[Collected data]
%%
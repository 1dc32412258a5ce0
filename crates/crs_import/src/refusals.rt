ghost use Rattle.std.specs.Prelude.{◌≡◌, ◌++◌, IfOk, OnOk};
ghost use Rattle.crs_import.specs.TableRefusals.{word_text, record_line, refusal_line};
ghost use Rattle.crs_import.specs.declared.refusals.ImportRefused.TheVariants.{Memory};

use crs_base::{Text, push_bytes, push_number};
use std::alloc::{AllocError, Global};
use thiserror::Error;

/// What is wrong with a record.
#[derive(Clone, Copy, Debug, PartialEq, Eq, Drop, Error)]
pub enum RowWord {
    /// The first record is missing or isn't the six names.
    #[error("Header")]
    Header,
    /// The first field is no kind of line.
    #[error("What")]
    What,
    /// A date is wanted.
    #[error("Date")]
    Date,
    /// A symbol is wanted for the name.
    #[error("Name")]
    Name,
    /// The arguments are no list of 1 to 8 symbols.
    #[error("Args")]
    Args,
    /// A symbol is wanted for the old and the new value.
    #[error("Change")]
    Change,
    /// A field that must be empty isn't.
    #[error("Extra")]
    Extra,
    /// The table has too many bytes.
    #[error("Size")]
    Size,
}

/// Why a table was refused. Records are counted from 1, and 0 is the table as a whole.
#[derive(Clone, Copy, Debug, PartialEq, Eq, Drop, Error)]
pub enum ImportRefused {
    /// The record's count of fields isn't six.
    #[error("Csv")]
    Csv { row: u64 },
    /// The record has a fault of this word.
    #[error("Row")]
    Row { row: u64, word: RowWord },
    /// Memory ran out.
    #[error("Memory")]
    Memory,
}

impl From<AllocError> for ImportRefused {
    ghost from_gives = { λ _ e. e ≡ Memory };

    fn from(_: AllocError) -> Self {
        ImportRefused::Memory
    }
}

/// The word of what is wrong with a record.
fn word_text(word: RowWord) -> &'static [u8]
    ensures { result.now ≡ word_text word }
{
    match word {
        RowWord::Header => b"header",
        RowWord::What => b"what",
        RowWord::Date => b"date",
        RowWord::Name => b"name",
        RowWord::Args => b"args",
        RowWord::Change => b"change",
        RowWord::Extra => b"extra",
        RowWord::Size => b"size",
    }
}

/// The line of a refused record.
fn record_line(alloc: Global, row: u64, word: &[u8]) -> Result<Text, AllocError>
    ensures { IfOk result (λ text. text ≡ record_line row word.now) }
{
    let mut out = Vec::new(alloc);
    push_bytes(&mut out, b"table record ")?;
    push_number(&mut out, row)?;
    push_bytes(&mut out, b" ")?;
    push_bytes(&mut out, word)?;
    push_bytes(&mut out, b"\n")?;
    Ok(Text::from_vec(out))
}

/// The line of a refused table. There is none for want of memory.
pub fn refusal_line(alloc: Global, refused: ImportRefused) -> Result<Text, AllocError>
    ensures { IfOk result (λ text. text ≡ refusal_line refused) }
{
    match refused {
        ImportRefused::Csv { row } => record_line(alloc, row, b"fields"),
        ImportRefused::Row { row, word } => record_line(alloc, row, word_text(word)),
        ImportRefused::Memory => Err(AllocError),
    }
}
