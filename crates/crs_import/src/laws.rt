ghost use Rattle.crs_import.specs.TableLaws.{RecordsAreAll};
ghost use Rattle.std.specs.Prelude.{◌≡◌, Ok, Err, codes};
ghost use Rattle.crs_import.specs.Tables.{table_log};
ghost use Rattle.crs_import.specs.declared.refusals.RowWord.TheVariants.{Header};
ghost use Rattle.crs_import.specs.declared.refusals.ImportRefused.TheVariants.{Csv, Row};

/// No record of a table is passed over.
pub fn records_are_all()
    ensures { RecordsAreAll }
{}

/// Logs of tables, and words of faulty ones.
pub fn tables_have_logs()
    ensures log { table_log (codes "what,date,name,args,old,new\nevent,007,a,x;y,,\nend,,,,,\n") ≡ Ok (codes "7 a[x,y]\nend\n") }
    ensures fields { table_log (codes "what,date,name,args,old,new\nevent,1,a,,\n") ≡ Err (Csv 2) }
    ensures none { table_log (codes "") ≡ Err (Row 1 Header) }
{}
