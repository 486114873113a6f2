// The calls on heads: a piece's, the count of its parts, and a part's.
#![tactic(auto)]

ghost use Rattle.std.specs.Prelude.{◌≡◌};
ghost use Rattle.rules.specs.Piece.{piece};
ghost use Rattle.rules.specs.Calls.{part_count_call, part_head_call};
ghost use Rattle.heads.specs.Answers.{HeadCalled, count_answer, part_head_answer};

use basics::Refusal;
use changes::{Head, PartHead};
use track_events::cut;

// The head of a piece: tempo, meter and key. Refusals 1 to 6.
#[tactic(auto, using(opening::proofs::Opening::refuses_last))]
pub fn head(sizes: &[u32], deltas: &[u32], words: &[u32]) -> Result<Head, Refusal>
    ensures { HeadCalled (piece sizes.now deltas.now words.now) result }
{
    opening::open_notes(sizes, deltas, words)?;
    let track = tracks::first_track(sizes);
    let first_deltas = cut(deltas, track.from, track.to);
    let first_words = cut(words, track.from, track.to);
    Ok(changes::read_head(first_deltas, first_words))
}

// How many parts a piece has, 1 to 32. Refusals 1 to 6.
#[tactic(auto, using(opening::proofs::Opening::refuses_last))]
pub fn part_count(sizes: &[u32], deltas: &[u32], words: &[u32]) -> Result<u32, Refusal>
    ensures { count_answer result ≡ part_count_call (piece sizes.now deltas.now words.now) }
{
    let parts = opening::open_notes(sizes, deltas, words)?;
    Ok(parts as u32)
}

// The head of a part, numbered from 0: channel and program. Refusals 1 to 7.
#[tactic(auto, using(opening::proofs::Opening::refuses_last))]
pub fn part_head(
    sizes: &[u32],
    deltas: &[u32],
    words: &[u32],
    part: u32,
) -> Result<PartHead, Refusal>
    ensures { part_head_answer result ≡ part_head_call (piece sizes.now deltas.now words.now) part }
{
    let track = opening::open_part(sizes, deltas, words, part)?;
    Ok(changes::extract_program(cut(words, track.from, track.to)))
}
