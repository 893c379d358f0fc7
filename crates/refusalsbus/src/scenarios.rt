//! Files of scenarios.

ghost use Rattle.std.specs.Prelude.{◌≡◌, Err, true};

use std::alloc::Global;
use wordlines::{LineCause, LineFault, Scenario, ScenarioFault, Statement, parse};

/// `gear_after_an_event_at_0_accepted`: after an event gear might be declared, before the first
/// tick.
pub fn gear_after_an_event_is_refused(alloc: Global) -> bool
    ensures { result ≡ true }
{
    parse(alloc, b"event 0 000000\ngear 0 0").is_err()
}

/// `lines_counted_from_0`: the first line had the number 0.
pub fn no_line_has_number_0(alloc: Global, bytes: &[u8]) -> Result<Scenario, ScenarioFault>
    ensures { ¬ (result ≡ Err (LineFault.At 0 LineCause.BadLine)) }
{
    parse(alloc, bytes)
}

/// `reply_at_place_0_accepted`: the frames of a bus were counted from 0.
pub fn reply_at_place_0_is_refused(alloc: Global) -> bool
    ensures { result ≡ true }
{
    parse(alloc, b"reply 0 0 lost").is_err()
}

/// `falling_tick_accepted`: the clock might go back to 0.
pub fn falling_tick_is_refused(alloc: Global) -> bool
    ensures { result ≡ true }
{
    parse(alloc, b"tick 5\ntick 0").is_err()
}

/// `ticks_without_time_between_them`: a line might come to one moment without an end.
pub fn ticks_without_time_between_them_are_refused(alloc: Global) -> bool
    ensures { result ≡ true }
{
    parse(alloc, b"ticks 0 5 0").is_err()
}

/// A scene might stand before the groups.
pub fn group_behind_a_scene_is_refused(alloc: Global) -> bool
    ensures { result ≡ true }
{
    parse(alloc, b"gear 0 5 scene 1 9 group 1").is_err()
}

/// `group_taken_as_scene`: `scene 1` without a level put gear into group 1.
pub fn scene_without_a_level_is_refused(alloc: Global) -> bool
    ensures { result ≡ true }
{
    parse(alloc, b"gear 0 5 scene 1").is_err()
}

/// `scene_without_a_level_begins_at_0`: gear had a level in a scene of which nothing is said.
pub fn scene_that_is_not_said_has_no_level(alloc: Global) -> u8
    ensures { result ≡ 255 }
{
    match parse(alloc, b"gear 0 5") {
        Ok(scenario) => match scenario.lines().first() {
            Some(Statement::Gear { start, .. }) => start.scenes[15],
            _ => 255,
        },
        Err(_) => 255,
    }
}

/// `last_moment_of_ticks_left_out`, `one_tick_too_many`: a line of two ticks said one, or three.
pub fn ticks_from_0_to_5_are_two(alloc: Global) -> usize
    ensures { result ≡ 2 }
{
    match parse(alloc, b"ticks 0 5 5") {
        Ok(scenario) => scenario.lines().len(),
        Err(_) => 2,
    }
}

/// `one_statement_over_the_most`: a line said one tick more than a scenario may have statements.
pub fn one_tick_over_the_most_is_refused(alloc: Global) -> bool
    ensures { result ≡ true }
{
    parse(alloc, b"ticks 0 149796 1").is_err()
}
%%
**Problem description**.
Count the lines in these records that hold the string "ImportRefused". Only the number is wanted.

**Exercise solution**.
9